───── The records

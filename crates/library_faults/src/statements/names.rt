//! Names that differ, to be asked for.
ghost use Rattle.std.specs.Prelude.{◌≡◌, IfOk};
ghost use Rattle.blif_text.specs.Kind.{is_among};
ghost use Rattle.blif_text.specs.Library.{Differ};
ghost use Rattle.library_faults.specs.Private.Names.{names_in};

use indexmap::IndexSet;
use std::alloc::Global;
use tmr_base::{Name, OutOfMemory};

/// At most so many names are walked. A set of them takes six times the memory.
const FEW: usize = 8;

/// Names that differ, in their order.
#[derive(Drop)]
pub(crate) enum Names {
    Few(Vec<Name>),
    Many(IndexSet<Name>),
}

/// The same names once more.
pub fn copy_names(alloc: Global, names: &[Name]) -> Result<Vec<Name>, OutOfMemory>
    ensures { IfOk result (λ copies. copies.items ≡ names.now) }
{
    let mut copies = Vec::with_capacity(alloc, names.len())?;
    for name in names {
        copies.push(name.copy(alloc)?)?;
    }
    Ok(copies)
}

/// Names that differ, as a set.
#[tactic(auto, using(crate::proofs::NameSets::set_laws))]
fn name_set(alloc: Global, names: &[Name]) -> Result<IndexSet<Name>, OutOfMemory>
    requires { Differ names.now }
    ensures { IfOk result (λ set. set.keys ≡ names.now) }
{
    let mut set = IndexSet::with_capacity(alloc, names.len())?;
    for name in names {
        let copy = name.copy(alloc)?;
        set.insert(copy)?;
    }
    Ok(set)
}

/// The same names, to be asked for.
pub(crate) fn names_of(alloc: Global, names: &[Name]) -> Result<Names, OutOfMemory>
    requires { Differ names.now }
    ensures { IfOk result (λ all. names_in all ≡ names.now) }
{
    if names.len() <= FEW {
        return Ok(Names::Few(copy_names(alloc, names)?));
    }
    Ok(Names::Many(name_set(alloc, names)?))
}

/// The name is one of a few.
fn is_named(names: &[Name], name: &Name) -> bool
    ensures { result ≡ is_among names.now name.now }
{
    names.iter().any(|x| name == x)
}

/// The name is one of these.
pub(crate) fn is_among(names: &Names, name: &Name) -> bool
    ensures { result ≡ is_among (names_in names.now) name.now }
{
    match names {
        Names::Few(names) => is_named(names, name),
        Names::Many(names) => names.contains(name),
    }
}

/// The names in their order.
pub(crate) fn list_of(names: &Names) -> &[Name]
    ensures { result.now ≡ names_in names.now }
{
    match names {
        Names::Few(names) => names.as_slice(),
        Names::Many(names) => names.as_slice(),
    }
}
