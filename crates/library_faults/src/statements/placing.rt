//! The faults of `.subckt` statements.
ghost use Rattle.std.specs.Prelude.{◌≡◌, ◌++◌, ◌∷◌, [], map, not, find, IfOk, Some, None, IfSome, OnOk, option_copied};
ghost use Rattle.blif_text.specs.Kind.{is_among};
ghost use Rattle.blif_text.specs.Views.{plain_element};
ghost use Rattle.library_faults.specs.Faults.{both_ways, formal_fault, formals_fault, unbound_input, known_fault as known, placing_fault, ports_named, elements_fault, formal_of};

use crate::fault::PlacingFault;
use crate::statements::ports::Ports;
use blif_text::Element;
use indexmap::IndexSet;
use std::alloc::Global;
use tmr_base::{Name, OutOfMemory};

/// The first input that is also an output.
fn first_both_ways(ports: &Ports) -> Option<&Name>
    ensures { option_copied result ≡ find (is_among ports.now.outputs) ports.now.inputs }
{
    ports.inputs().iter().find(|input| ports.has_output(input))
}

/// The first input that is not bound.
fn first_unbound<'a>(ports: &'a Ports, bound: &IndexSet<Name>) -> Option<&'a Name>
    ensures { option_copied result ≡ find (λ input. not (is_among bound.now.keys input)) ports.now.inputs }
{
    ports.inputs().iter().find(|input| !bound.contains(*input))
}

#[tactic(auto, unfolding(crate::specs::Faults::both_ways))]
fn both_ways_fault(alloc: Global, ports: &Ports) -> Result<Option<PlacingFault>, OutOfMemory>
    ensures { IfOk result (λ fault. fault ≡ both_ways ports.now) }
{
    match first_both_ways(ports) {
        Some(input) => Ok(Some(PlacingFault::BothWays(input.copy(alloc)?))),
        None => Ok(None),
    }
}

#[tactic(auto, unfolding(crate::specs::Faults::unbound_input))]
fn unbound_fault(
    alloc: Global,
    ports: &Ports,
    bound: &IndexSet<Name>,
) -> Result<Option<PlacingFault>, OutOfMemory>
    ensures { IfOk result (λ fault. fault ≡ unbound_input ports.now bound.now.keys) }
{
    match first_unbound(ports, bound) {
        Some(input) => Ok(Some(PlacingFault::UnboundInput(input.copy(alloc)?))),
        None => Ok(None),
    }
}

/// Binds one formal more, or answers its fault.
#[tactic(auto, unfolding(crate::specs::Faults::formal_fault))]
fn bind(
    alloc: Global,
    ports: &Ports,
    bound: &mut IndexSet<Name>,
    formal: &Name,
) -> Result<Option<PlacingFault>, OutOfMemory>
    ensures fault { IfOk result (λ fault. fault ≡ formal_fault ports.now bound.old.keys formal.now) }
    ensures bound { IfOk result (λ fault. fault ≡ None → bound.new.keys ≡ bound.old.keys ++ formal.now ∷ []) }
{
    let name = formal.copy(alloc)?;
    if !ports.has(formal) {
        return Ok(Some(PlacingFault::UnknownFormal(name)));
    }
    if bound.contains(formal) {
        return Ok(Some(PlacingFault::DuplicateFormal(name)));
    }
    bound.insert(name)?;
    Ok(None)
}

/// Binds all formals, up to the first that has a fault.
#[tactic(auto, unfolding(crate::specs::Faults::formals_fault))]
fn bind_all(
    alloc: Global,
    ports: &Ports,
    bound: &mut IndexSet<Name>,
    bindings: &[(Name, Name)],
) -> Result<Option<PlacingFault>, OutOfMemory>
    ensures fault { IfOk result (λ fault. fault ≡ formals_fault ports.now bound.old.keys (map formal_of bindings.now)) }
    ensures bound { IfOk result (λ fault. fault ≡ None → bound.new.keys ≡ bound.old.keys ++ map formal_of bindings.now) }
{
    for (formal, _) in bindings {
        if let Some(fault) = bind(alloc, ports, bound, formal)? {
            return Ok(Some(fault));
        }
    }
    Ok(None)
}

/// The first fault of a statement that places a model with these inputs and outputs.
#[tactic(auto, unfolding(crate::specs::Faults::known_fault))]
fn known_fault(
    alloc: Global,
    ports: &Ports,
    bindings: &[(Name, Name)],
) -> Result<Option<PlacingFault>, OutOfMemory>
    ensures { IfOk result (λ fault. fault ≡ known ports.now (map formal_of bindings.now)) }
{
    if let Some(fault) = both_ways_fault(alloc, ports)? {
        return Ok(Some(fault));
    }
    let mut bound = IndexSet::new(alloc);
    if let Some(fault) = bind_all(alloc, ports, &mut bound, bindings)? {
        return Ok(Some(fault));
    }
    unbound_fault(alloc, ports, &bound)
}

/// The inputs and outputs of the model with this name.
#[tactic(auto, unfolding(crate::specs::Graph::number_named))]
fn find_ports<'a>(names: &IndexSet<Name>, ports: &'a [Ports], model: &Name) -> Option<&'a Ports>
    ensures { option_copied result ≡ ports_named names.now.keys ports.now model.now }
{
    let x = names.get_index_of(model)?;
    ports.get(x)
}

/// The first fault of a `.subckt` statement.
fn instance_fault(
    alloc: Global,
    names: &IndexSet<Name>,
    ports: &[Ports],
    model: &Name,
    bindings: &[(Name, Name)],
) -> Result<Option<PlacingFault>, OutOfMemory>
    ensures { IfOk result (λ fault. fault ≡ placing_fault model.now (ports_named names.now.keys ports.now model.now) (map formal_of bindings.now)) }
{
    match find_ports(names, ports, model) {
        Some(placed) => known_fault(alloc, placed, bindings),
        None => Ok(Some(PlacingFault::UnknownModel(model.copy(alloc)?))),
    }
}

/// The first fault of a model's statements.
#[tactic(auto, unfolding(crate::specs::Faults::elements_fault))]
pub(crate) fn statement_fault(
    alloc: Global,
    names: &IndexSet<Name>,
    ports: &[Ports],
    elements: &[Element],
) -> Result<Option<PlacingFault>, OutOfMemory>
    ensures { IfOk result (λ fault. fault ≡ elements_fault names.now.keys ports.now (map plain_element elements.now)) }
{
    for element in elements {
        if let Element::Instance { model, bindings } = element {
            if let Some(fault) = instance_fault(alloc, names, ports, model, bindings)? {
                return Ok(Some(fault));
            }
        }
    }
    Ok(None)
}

──────────

# Instructions for the task:
Return each line from the data where the string "Rattle" can be found.

# Response below:
ghost use Rattle.std.specs.Prelude.{◌≡◌, IfOk};
ghost use Rattle.blif_text.specs.Kind.{is_among};
ghost use Rattle.blif_text.specs.Library.{Differ};
ghost use Rattle.library_faults.specs.Private.Names.{names_in};
ghost use Rattle.std.specs.Prelude.{◌≡◌, ◌++◌, ◌∷◌, [], map, not, find, IfOk, Some, None, IfSome, OnOk, option_copied};
ghost use Rattle.blif_text.specs.Kind.{is_among};
ghost use Rattle.blif_text.specs.Views.{plain_element};
ghost use Rattle.library_faults.specs.Faults.{both_ways, formal_fault, formals_fault, unbound_input, known_fault as known, placing_fault, ports_named, elements_fault, formal_of};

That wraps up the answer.